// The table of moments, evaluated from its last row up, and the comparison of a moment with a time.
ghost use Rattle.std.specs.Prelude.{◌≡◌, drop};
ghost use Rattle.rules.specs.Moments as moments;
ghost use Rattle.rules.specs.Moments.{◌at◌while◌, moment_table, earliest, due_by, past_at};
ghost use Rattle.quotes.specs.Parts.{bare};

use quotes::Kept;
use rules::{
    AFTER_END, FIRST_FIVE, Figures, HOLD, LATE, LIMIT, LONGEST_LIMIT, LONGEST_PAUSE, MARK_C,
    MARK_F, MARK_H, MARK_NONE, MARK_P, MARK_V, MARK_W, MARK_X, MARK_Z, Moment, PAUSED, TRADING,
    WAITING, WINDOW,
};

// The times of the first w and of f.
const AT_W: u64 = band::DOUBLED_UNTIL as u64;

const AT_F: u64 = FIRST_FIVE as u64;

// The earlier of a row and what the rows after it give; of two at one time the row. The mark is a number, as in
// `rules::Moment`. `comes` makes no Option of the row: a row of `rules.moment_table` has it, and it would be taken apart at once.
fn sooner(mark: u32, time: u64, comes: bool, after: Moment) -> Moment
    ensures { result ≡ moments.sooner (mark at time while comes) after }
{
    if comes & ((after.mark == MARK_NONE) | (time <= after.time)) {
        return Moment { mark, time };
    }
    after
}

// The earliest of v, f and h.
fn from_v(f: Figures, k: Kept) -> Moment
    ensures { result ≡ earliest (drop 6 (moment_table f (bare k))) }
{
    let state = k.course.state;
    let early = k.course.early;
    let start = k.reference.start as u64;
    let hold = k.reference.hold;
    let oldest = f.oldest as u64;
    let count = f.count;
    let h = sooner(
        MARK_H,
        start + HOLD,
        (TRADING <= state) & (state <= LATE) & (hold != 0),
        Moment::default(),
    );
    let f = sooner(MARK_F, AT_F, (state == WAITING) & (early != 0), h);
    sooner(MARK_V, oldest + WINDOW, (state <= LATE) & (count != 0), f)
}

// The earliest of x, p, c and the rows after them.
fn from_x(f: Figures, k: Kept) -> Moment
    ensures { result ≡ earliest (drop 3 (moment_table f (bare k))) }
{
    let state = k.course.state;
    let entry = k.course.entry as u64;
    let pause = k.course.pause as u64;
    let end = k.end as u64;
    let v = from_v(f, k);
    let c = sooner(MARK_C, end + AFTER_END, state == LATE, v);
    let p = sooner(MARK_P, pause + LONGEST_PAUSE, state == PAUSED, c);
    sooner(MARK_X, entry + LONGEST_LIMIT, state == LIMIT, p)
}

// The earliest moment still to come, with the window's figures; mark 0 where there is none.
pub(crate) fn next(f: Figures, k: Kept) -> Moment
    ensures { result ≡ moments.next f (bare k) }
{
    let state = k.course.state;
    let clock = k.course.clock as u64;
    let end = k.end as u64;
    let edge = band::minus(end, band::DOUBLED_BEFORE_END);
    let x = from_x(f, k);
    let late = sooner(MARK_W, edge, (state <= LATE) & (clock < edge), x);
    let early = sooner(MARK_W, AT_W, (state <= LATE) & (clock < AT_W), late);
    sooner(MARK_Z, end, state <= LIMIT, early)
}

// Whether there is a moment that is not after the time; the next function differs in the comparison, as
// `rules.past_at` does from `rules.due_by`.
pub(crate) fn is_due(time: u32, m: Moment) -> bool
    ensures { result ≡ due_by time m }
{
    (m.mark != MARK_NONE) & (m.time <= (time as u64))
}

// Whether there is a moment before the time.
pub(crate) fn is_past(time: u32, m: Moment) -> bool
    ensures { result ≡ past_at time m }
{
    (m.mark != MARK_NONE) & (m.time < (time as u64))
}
────────────────
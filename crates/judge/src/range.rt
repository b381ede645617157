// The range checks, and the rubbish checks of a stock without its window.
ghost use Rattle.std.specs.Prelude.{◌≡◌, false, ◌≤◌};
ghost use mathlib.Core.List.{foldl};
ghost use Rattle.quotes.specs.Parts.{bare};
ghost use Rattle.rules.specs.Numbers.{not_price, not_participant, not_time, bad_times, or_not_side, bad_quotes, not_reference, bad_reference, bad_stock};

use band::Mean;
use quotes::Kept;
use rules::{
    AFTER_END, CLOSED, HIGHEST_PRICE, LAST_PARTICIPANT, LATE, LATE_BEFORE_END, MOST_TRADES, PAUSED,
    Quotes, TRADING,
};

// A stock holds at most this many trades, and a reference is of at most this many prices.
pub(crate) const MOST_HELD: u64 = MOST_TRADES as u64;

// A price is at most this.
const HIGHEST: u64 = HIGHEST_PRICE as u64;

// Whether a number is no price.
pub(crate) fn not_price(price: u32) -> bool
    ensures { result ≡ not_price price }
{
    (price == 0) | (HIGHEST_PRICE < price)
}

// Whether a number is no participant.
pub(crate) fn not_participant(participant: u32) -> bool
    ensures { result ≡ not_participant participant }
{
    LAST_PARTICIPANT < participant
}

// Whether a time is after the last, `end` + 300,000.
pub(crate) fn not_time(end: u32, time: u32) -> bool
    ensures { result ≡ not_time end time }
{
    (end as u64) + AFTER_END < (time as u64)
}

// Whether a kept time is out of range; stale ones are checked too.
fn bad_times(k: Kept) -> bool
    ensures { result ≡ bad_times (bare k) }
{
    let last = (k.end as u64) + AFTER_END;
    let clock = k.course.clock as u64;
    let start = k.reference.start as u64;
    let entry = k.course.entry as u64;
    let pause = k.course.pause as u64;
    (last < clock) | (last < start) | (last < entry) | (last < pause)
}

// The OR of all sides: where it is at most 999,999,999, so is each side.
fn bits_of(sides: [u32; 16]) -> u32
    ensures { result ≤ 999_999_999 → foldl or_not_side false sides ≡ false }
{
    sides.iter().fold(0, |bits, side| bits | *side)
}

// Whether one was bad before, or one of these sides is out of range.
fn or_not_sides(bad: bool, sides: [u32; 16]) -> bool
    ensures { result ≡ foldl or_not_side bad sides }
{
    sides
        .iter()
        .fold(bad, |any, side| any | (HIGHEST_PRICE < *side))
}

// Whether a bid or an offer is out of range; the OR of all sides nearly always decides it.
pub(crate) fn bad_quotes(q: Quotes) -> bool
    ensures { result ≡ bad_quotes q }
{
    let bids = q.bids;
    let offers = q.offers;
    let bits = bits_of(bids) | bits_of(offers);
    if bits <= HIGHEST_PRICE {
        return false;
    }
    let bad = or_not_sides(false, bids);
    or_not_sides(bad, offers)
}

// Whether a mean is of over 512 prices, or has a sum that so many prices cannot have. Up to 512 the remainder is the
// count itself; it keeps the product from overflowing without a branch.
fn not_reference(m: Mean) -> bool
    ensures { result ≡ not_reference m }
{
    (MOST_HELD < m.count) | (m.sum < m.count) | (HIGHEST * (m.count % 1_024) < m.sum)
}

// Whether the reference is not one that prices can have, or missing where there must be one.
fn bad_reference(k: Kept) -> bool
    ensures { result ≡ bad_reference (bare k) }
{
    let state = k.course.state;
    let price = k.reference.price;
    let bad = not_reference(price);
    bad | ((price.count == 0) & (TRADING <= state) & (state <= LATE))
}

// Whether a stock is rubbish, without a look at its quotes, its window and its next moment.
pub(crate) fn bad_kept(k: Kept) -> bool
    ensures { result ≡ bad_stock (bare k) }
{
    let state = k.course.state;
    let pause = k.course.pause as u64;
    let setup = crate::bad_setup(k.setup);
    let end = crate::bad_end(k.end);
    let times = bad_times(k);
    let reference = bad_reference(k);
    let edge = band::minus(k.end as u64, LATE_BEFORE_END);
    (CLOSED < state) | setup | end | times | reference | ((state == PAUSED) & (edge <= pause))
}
────────────────
Search the entries above for "range". Show every line that has it.

▶ [Task result]
filename crates/judge/src/range.rt
// The range checks, and the rubbish checks of a stock without its window.
// Whether a kept time is out of range; stale ones are checked too.
// Whether one was bad before, or one of these sides is out of range.
// Whether a bid or an offer is out of range; the OR of all sides nearly always decides it.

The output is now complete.